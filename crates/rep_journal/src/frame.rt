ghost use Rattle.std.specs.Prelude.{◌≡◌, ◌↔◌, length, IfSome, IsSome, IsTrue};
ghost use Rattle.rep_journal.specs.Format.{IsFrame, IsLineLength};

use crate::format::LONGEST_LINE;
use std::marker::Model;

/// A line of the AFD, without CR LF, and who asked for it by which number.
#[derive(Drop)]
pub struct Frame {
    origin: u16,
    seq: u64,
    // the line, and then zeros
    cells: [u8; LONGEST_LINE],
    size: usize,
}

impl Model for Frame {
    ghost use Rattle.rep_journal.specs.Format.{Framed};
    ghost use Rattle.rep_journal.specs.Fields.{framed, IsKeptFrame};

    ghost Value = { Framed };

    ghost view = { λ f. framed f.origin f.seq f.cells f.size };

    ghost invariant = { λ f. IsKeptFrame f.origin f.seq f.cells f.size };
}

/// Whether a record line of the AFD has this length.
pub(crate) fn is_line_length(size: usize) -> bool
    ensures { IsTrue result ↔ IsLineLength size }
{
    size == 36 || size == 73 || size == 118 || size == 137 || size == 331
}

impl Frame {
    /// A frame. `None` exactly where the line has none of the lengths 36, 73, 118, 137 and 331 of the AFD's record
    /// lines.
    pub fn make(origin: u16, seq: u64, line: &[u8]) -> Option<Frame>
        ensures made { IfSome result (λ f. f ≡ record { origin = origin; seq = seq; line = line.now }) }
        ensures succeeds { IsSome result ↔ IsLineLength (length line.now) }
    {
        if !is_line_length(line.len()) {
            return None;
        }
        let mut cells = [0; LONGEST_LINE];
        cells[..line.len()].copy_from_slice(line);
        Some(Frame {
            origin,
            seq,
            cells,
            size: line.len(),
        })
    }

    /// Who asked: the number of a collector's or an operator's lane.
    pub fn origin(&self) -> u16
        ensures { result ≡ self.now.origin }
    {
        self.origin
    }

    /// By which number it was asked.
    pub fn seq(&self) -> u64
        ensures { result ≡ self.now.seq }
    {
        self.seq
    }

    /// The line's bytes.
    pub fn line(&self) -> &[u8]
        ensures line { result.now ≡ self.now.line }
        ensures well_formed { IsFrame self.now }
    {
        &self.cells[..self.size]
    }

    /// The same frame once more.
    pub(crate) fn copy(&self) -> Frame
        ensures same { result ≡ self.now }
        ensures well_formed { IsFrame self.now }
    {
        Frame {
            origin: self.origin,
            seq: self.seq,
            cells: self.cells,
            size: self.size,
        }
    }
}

* * *

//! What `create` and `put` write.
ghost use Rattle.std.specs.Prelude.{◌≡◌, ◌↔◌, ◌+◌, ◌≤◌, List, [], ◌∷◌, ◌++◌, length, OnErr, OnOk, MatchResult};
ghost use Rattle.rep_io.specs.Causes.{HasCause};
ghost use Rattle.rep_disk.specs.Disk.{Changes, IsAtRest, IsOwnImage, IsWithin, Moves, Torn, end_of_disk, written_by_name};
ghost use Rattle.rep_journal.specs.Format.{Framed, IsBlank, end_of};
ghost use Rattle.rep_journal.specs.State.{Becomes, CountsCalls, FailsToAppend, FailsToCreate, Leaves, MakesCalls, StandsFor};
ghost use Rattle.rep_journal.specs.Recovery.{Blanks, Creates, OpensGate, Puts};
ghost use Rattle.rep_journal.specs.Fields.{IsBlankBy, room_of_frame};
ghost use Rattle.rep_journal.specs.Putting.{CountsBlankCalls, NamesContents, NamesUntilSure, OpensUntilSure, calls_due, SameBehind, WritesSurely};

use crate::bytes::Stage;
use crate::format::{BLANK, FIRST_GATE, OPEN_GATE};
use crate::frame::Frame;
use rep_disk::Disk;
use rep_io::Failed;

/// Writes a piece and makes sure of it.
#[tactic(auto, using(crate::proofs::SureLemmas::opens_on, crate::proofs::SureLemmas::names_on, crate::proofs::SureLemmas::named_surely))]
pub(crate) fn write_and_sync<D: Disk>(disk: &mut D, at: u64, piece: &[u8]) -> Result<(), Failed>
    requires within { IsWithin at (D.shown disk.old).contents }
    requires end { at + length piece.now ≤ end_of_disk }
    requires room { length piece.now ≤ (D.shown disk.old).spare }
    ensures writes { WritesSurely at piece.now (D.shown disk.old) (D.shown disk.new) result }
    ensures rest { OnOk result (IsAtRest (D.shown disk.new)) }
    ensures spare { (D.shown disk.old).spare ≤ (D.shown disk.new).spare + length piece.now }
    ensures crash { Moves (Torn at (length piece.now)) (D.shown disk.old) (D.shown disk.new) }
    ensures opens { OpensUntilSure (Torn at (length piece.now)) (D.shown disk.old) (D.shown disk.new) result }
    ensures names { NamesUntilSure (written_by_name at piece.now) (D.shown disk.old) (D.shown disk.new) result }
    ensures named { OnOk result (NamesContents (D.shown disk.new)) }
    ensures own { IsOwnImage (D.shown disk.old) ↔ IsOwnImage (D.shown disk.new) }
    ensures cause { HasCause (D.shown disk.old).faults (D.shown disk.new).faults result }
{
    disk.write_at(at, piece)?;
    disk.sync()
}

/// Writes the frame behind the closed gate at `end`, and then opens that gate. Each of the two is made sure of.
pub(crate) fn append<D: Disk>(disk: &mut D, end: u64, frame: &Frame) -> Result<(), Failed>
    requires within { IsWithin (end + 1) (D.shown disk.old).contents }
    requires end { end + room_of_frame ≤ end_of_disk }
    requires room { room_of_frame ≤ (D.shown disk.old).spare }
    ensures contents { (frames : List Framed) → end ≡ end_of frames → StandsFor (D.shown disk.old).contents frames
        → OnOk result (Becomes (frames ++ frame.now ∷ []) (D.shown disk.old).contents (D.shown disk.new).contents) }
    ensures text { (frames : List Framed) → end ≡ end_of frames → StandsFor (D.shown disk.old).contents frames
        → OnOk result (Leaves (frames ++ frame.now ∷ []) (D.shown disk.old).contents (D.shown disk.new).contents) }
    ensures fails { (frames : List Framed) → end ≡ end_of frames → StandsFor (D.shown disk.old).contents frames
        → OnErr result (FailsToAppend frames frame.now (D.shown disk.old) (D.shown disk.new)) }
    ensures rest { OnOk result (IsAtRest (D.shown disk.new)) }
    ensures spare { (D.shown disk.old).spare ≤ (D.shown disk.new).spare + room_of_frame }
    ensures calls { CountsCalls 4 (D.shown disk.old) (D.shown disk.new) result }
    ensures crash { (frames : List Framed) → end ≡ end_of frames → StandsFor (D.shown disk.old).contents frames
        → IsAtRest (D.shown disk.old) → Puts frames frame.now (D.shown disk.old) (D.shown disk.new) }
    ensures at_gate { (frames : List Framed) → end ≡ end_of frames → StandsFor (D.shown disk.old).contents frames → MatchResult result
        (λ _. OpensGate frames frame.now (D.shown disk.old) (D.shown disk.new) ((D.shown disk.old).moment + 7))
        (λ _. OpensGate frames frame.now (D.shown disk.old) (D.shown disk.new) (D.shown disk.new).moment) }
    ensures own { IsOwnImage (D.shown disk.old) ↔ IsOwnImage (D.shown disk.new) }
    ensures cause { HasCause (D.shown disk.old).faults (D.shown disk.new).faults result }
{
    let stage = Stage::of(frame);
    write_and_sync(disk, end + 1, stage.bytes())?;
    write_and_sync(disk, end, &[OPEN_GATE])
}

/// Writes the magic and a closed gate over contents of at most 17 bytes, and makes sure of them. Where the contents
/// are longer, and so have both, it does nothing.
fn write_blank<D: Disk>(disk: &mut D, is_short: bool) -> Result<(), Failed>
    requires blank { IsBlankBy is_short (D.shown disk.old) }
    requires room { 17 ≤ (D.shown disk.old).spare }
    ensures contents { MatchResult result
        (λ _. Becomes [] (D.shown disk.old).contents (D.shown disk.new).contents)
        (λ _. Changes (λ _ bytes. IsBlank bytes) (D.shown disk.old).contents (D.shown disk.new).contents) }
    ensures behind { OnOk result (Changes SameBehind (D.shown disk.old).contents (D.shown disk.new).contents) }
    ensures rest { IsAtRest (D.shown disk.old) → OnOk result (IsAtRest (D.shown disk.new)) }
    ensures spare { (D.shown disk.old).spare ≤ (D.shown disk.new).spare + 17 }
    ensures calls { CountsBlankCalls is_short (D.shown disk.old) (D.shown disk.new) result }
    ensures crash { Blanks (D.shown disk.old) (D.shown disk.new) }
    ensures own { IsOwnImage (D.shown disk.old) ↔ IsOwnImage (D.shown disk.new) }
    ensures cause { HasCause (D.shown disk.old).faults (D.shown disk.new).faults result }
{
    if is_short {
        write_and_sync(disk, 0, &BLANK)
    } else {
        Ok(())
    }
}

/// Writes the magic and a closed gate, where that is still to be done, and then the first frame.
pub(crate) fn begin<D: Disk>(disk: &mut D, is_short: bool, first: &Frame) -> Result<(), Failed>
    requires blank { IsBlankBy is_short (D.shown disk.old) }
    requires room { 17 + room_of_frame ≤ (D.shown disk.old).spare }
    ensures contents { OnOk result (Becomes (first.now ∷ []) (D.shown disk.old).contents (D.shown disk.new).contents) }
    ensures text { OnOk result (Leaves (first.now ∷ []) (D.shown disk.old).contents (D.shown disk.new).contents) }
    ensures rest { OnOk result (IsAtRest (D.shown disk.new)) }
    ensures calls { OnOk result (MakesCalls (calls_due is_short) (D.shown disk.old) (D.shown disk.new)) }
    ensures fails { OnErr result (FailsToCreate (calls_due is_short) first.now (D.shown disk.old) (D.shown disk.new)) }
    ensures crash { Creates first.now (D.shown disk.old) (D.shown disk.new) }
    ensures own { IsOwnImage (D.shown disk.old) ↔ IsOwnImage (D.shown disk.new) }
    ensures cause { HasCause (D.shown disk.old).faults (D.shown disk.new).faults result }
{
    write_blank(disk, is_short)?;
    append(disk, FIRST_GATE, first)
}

- _Exercise directions_:
Out of the entries above, write out only the lines between the line holding "disk.old) → Puts" and the line holding "(λ _. Becomes", inclusive, each exactly as given.

- _Result of this exercise_:
        → IsAtRest (D.shown disk.old) → Puts frames frame.now (D.shown disk.old) (D.shown disk.new) }
    ensures at_gate { (frames : List Framed) → end ≡ end_of frames → StandsFor (D.shown disk.old).contents frames → MatchResult result
        (λ _. OpensGate frames frame.now (D.shown disk.old) (D.shown disk.new) ((D.shown disk.old).moment + 7))
        (λ _. OpensGate frames frame.now (D.shown disk.old) (D.shown disk.new) (D.shown disk.new).moment) }
    ensures own { IsOwnImage (D.shown disk.old) ↔ IsOwnImage (D.shown disk.new) }
    ensures cause { HasCause (D.shown disk.old).faults (D.shown disk.new).faults result }
{
    let stage = Stage::of(frame);
    write_and_sync(disk, end + 1, stage.bytes())?;
    write_and_sync(disk, end, &[OPEN_GATE])
}

/// Writes the magic and a closed gate over contents of at most 17 bytes, and makes sure of them. Where the contents
/// are longer, and so have both, it does nothing.
fn write_blank<D: Disk>(disk: &mut D, is_short: bool) -> Result<(), Failed>
    requires blank { IsBlankBy is_short (D.shown disk.old) }
    requires room { 17 ≤ (D.shown disk.old).spare }
    ensures contents { MatchResult result
        (λ _. Becomes [] (D.shown disk.old).contents (D.shown disk.new).contents)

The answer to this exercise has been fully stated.